Essex estaba impaciente. No iba a cambiar ni a humillarse, declaró. La Reina, como todos los demás, debía aceptarle tal cual era.

Y al parecer lo hizo. Oh, pero él estaba rodeado de peligro. Yo sabía que Burleigh estaba ahora en su contra y decidido a despejar el camino a su hijo, pero me alegraba de que Essex hubiese entablado amistad con los Bacon, Anthony y Francis. Eran una pareja inteligente y positiva para él, aunque ambos estuviesen resentidos, imaginándose desplazados de los altos cargos por Burleigh.

Essex tenía ya otros dos hijos. Walter, por su tío tristemente perdido, y Henry. No era un marido fiel. Era lujurioso y sensual y no podía vivir sin mujeres, y como nunca había reprimido sus deseos en ningún sentido, era natural que lo hiciese en éste. A él no le bastaba una mujer, pues se le disparaba en seguida la fantasía y, dada su situación, pocas se le resistían.

Tenía por costumbre, en vez de elegir cuidadosamente a sus amantes (alguien a quien pudiese visitar secretamente), enamorarse de las damas de honor de la Reina. Yo conocía por lo menos a cuatro. Elizabeth Southwell le dio un hijo conocido como Walter Devereux y fue un gran escándalo. Luego Lady Mary Howard y dos chicas llamadas Russell y Brydges, todas las cuales fueron públicamente humilladas por la Reina.

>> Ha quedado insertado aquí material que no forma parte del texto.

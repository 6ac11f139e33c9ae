ghost use Rattle.sec1.specs.Der.{IsReadingFault};
ghost use Rattle.sec1.specs.Errors.{IsAsn1, IsAsn1Where};
ghost use Rattle.sec1.specs.Keys.{IsKeyOf, Key};
ghost use Rattle.sec1_der.specs.declared.error.ErrorKind.TheVariants.{Overlength};
ghost use Rattle.std.specs.Prelude.{◌≡◌, None};

use sec1::der::SecretDocument;
use sec1::{DecodeEcPrivateKey, EcPrivateKey, EncodeEcPrivateKey, Result};
use std::alloc::Global;

/// A private key that owns its bytes, without a curve and without a public key.
#[derive(Drop)]
pub struct OwnKey {
    /// The bytes of the private key.
    pub private_key: Vec<u8>,
}

impl DecodeEcPrivateKey for OwnKey {
    ghost reads = { λ bytes own. (key : Key) × IsKeyOf key bytes
        × (own.private_key.items ≡ key.private_key) };

    ghost refuses = { λ _ error. IsAsn1Where IsReadingFault error };

    fn from_sec1_der(alloc: Global, bytes: &[u8]) -> Result<OwnKey> {
        let key = EcPrivateKey::try_from(bytes)?;
        let private_key = Vec::from_slice(alloc, key.private_key)?;
        Ok(OwnKey { private_key })
    }
}

impl EncodeEcPrivateKey for OwnKey {
    ghost writes = { λ own bytes. IsKeyOf (record {
      private_key = own.private_key.items;
      parameters = None;
      public_key = None;
    }) bytes };

    ghost refuses = { λ _ error. IsAsn1 Overlength error };

    fn to_sec1_der(&self, alloc: Global) -> Result<SecretDocument> {
        let key = EcPrivateKey {
            private_key: &self.private_key,
            parameters: None,
            public_key: None,
        };
        key.document(alloc)
    }
}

Me inquietaba muchísimo su conducta indiscreta, porque Isabel era particularmente estricta con sus damas de honor, a quienes elegía cuidadosamente ella misma entre las mejores familias. Lo normal era que algún miembro de la familia le hubiese hecho un servicio y entonces ella aceptaba a la chica como recompensa. Mary Sidney era un buen ejemplo pues había sido elegida al morir su hermana Ambrosía, porque la Reina sintió lástima por la familia, y Mary había hecho, poco después y gracias a los esfuerzos de la Reina, un brillante matrimonio con el conde de Pembroke. Los padres de las chicas estaban encantados de tal honor, pues sabían que la Reina haría todo lo posible por cuidar de sus hijas. Si alguna de aquellas chicas se casaba sin su consentimiento, se ponía furiosa. Si sospechaba que había algo de lo que ella llamaba conducta lujuriosa, se enfurecía aún más; y si su compañero de desgracia era uno de los favoritos de la Reina, entonces se ponía lívida de cólera. Y sabiendo esto, Essex no sólo seguía poniendo en peligro su posición en la Corte sino causando gran aflicción a su mujer y a su madre.

Me preguntaba a menudo durante cuánto tiempo sería capaz de sortear los peligros que no hacía ningún esfuerzo por evitar. La Reina, por supuesto, era vieja y se aferraba cada vez más a los jóvenes; mientras él fuese joven y apuesto, le encontraría irresistible, igual que nosotras.

Penélope dejó a su marido y vivía abiertamente con su amante, Charles Blount, que a la muerte de su hermano mayor había pasado a ser Lord Mountjoy.

Penélope nunca había gozado del favor especial de la Reina; compartía la falta de tacto de su hermano y, por supuesto, la Reina no solía admitir de las mujeres guapas lo que aceptaba de los hombres apuestos. Además, Penélope sumaba a otros inconvenientes el ser hija mía y, cuando la Reina se enteró de que había abandonado a su marido y estaba viviendo con Mountjoy, aunque dispuesta a aceptar que Mountjoy se apartase de las normas convencionales, pues era un joven apuesto, no aplicó la mismo benevolencia a Penélope; pero, por afecto a Mountjoy, no le prohibió a ella ir a la Corte.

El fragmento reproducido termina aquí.